Although the irony of a president who has bungled the pandemic response so thoroughly getting the virus himself is not lost on me, I take no pleasure is his condition.  Sure, I've used words like "fascist", "bigot" and "psychopath" to describe him,  but I'm also a progressive who has argued against the death penalty.  I truly hope that Trump recovers, loses the election next month, and eventually winds up in the jail cell I think he deserves to be in.

But I can't feel any real sympathy for his sickness.  I just can't.  My reaction is much like how I felt when Rush Limbaugh recently came down with lung cancer after years of  publicly denying the risks of tobacco usage on his show and constantly smoking cigars.  He should have seen it coming.
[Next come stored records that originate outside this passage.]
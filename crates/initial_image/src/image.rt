//! The image of a valid module.
ghost use Rattle.std.specs.Prelude.{◌≡◌, None, IfErr, IfOk, OnOk};
ghost use Rattle.wasm_types.specs.Tree.{module_tree};
ghost use Rattle.wasm_spec.specs.Store.{first_misfit};
ghost use Rattle.initial_image.specs.Image.{IsImageOf};
ghost use Rattle.initial_image.specs.Segments.{Names};

use crate::fill::{filled_memory, first_values};
use crate::segments::{Misfit, check_data, check_elements};
use sparse_bytes::SparseBytes;
use std::alloc::{AllocError, Global};
use thiserror::Error;
use wasm_validate::Valid;
use wasm_values::{Items, NoMemory, Val};

/// What a new instance of a module holds beside its table, which [`write_table`](crate::write_table) writes. Source: Core
/// Specification 1.0, section 4.5.4.
pub struct Image {
    /// The memory's bytes.
    pub memory: SparseBytes,
    /// The first value of each global.
    pub globals: Items<Val>,
    /// The index of the start function.
    pub start: Option<u32>,
}

impl Drop for Image {
    fn drop(self) {
        let Image {
            memory: _,
            globals: _,
            start: _,
        } = self;
    }
}

/// Why a module has no image.
#[derive(Clone, Copy, Debug, PartialEq, Eq, Error)]
pub enum ImageFault {
    /// A segment does not fit.
    #[error("{0}")]
    Segment(Misfit),
    /// Memory was refused.
    #[error("out of memory")]
    NoMemory,
}

impl From<AllocError> for ImageFault {
    ghost use Rattle.initial_image.specs.declared.image.ImageFault.TheVariants.{NoMemory};

    ghost from_gives = { λ _ e. e ≡ NoMemory };

    fn from(_: AllocError) -> ImageFault {
        ImageFault::NoMemory
    }
}

impl From<NoMemory> for ImageFault {
    ghost use Rattle.initial_image.specs.declared.image.ImageFault.TheVariants as fault;

    ghost from_gives = { λ _ e. e ≡ fault.NoMemory };

    fn from(_: NoMemory) -> ImageFault {
        ImageFault::NoMemory
    }
}

/// The image of a module. It takes memory in proportion to the bytes of the module's data segments and to its globals, whatever its least
/// sizes are.
///
/// # Errors
///
/// `Segment` with the first segment that ends past its table or memory: the element segments in order and then the data
/// segments, empty ones too, with their offsets read as unsigned numbers. `NoMemory` in place of any answer.
pub fn build(alloc: Global, valid: &Valid) -> Result<Image, ImageFault>
    ensures fits { OnOk result (first_misfit (module_tree valid.now) ≡ None) }
    ensures image { IfOk result (IsImageOf (module_tree valid.now)) }
    ensures misfit { IfErr result (Names (first_misfit (module_tree valid.now))) }
{
    let m = valid.module();
    check_elements(m)?;
    check_data(m)?;
    let memory = filled_memory(alloc, m)?;
    let globals = first_values(alloc, m.globals.as_slice())?;
    Ok(Image {
        memory,
        globals: Items::new(globals),
        start: m.start,
    })
}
A list of all the times that Trump downplayed the coronavirus threat could fill an encyclopedia: from the beginning he said it was nothing to worry about, that it would disappear when the weather got warmer, that the country needed to reopen, that masks were unnecessary.  He often has contradicted his own administration's advice, and insulted  his own advisors when they disagreed with him.  And perhaps worst of all, he has held indoor rallies without mandatory mask wearing.  Even after one of his supporters, Herman Cain, attended one of those rallies and died from the virus shortly afterwards, he didn't stop.  Given all of this, I can't say that I feel sorry for our president.

If there is one good thing that could come out of this, it's that it may push his supporters into realizing just how serious this pandemic is.  Hopefully, people will start wearing masks without complaint and listen to scientists instead of getting caught up in the crazy conspiracy theories running around the virus.   And who knows how this will affect the already unreal upcoming election.  Assuming Trump recovers, will this prove to voters just how disastrous his pandemic response has been?  Or will it garner him a sympathy vote?  How much will Mike Pence have to step in, and will that help or hurt Trump's campaign?  The only thing we know for sure is that twenty twenty is continuing to be the craziest year in  modern history, and the results of that craziness can't be seen right now.